We now compute the generalized linear models corresponding to our design, and then we use it for deriving genes that are simply differentially expressed.
#fitting the models
edgeRFit <- glmFit(edgeRObject, designMatrix)
#testing for disease.status
diseaseGenes <- glmLRT(edgeRFit, coef = 'disease.status')
#top differentially expressed genes
diseaseGenes <- topTags(diseaseGenes, n = dim(counts)[1], p.value = 1)@.Data[[1]]
head(diseaseGenes)
## logFC logCPM LR PValue FDR
## ENSG00000222726.1 1.9491375 6.226780 41.24853 1.340528e-10 8.906471e-08
## ENSG00000222276.1 1.7316262 6.626148 40.72011 1.756700e-10 8.906471e-08
## ENSG00000222626.1 1.7315687 4.241677 28.77293 8.138053e-08 2.750662e-05
## ENSG00000222293.1 0.9002397 5.044431 20.67008 5.456189e-06 1.383144e-03
## ENSG00000207568.1 0.9378403 3.745587 19.34989 1.088255e-05 1.839151e-03
## ENSG00000283165.1 0.9378403 3.745587 19.34989 1.088255e-05 1.839151e-03
Alternatively, we can also check how many genes are differentially expressed taking into account the interaction.

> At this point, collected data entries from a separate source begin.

//! The verdict of a bidirectional stream.
ghost use Rattle.std.specs.Prelude.{◌≡◌, IfOk};
ghost use Rattle.wt_proto.specs.Bi.{bi_decides, bi_verdict_of, headers_verdict, parsed_verdict};
ghost use Rattle.wt_wire.specs.FieldSection.{headers_of};
ghost use Rattle.wt_message.specs.Requests.{request_of};

use crate::cursor::walk_over;
use crate::verdict::{Verdict, of_session, verdict_at_stream_end};
use crate::walk::{Step, Walk, after_item};
use crate::wanted::frame_wanted;
use std::alloc::Global;
use wt_message::session::{HeadersParseError, SessionRequest};
use wt_wire::error::{ErrorCode, OutOfMemory};
use wt_wire::headers::Headers;
use wt_wire::parsed_frame::{ParsedFrame, parse_frame};
use wt_wire::side::StreamEnd;
use wt_wire::varint::read_varint;

/// What a request in front of this offset says.
fn of_request(headers: Headers, offset: usize) -> Verdict
    ensures { result ≡ parsed_verdict offset (request_of headers) }
{
    match SessionRequest::try_from(headers) {
        Ok(request) => Verdict::Request(request, offset),
        // A plain HTTP request is one that this end doesn't serve; an extended CONNECT that isn't well formed
        // is a malformed message (RFC 9114, section 4.1.2). Either way the stream alone is refused.
        Err(HeadersParseError::MethodNotConnect) => Verdict::Refused(ErrorCode::RequestRejected),
        Err(HeadersParseError::Other) => Verdict::Refused(ErrorCode::Message),
    }
}

/// What a HEADERS frame of this payload, of `size` bytes in all, does in front of an offset.
fn headers_step(
    alloc: Global,
    payload: &[u8],
    next_offset: u64,
    size: usize,
) -> Result<Step<u64, Verdict>, OutOfMemory>
    ensures { IfOk result (λ step. step ≡ Step.Stops (headers_verdict next_offset (headers_of payload.now)) size) }
{
    match Headers::with_payload(alloc, payload)? {
        Ok(headers) => Ok(Step::Stops(of_request(headers, next_offset as usize), size as u64)),
        Err(fault) => Ok(faulty(fault, size)),
    }
}

fn faulty(fault: ErrorCode, size: usize) -> Step<u64, Verdict>
    ensures { result ≡ Step.Stops (Verdict.Fault fault) size }
{
    Step::Stops(Verdict::Fault(fault), size as u64)
}

/// What the frame at this offset, from which the bytes stand, does. An offset above 2^64 - 1 is
/// more than any memory counts.
#[tactic(auto, unfolding(crate::specs::Bi::bi_decides))]
fn bi_step(alloc: Global, offset: u64, bytes: &[u8]) -> Result<Step<u64, Verdict>, OutOfMemory>
    ensures { IfOk result (λ step. step ≡ bi_decides offset bytes.now) }
{
    match parse_frame(bytes) {
        ParsedFrame::Incomplete => Ok(Step::Cut),
        // The signal makes the stream one of a session; it has no length (draft-ietf-webtrans-http3, section
        // 4.3).
        ParsedFrame::Signal(id_at) => match read_varint(&bytes[id_at..]) {
            Some((id, length)) => {
                let size = (id_at + length) as u64;
                let next_offset = after_item(offset, size)?;
                Ok(Step::Stops(of_session(id, next_offset as usize), size))
            }
            None => Ok(Step::Cut),
        },
        ParsedFrame::TooLong(header) => Ok(faulty(ErrorCode::ExcessiveLoad, header)),
        ParsedFrame::Headers(header, size) => {
            let payload = &bytes[header..header + size];
            let next_offset = after_item(offset, (header + size) as u64)?;
            headers_step(alloc, payload, next_offset, header + size)
        }
        // A request begins with HEADERS, and SETTINGS belong on the control stream (RFC 9114, sections 4.1
        // and 7.2.4).
        ParsedFrame::Data(header, size) | ParsedFrame::Settings(header, size) => {
            Ok(faulty(ErrorCode::FrameUnexpected, header + size))
        }
        // Unknown types are skipped in front of a request too, the reserved ones among them (RFC 9114,
        // section 9).
        ParsedFrame::Skipped(_, size) => Ok(Step::Goes(after_item(offset, size)?, size)),
    }
}

/// The walk over a peer's bidirectional stream up to its first frame that isn't skipped.
pub struct BiHeader;

impl Walk for BiHeader {
    type State = u64;

    type Outcome = Verdict;

    ghost use Rattle.std.specs.Prelude.{true};
    ghost use Rattle.wt_proto.specs.Bi.{bi_decides, bi_unfinished, bi_verdict_of};
    ghost use Rattle.wt_proto.specs.Uni.{is_final};
    ghost use Rattle.wt_proto.specs.Wanted.{frame_wants};

    ghost start_state = { 0 };

    ghost decides = { bi_decides };

    ghost wants = { frame_wants true };

    ghost unfinished_at = { bi_unfinished };

    ghost is_final_outcome = { is_final };

    ghost outcome_of = { bi_verdict_of };

    fn start() -> u64 {
        0
    }

    fn step(alloc: Global, offset: &u64, bytes: &[u8]) -> Result<Step<u64, Verdict>, OutOfMemory> {
        bi_step(alloc, *offset, bytes)
    }

    fn wanted(bytes: &[u8]) -> usize {
        frame_wanted(bytes, true)
    }

    fn unfinished(_alloc: Global, end: StreamEnd, _at: &u64, _between: bool) -> Verdict {
        verdict_at_stream_end(end)
    }

    fn is_final(verdict: &Verdict) -> bool {
        verdict.is_final()
    }
}

/// The verdict of a peer's bidirectional stream over its bytes and its end (RFC 9114, section 7;
/// RFC 9220, section 3; draft-ietf-webtrans-http3, sections 3.3 and 4.3). Frames of other types are
/// skipped. Then the signal of a WebTransport stream names its session, which is a fault where the
/// id isn't a multiple of 4 (Id); a HEADERS frame is a request, a refused one (RequestRejected where
/// its method isn't CONNECT, else Message), or a fault of its field section (Decompression); DATA
/// and SETTINGS are faults (FrameUnexpected), and so is a payload longer than 4,096 bytes
/// (ExcessiveLoad).
#[tactic(auto, using(crate::proofs::BiReading::bi_lawful))]
pub fn bi_verdict(alloc: Global, bytes: &[u8], end: StreamEnd) -> Result<Verdict, OutOfMemory>
    ensures { IfOk result (λ verdict. verdict ≡ bi_verdict_of bytes.now end) }
{
    walk_over::<BiHeader>(alloc, bytes, end)
}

#testing for disease.status and disease.status:sex
diseaseSexGenes <- glmLRT(edgeRFit, coef = c('disease.status', 'sex:disease.status'))
#top differentially expressed genes
diseaseSexGenes <- topTags(diseaseSexGenes, n = dim(counts)[1], p.value = 1)@.Data[[1]]
head(diseaseSexGenes)
## logFC.disease.status logFC.sex.disease.status logCPM
## ENSG00000222726.1 1.9491375 -0.9818470 6.226780
## ENSG00000222276.1 1.7316262 -0.8553260 6.626148
## ENSG00000207021.1 -0.8979103 2.9002475 4.599352
## ENSG00000131126.18 1.0692768 0.1989669 3.697346
## ENSG00000222626.1 1.7315687 -1.1213408 4.241677
## ENSG00000251862.2 -0.3359398 -0.1163393 5.056793
## LR PValue FDR
## ENSG00000222726.1 51.74285 5.810102e-12 3.152159e-09
## ENSG00000222276.1 51.60738 6.217277e-12 3.152159e-09
## ENSG00000207021.1 42.32073 6.459068e-10 2.183165e-07
## ENSG00000131126.18 37.38049 7.637140e-09 1.936015e-06
## ENSG00000222626.1 32.80605 7.520689e-08 1.525196e-05
## ENSG00000251862.2 26.74387 1.558266e-06 2.633469e-04
Let’s check the overlap among differentially expressed genes
#threshold for fdr
threshold <- 0.1;
#genes DE for disease.status
diseaseGenesDE <- rownames(diseaseGenes)[diseaseGenes$FDR <= threshold]
length(diseaseGenesDE)
## [1] 50
#genes DE for disease.status and disease.status:sex
diseaseSexGenesDE <- rownames(diseaseSexGenes)[diseaseSexGenes$FDR <= threshold]
length(diseaseSexGenesDE)
## [1] 91
#overlap
length(intersect(diseaseGenesDE, diseaseSexGenesDE)) / length(union(diseaseGenesDE, diseaseSexGenesDE))
## [1] 0.4842105
This indicates that gender has a large effect on gene deregulation across cancer patients and healthy controls.
DESeq2 is quite similar to edgeR in terms of usability. The two toos are know to provide slightly different results, though. Repeat the analysis with DESeq2 and check the overlap with the edgeR findings.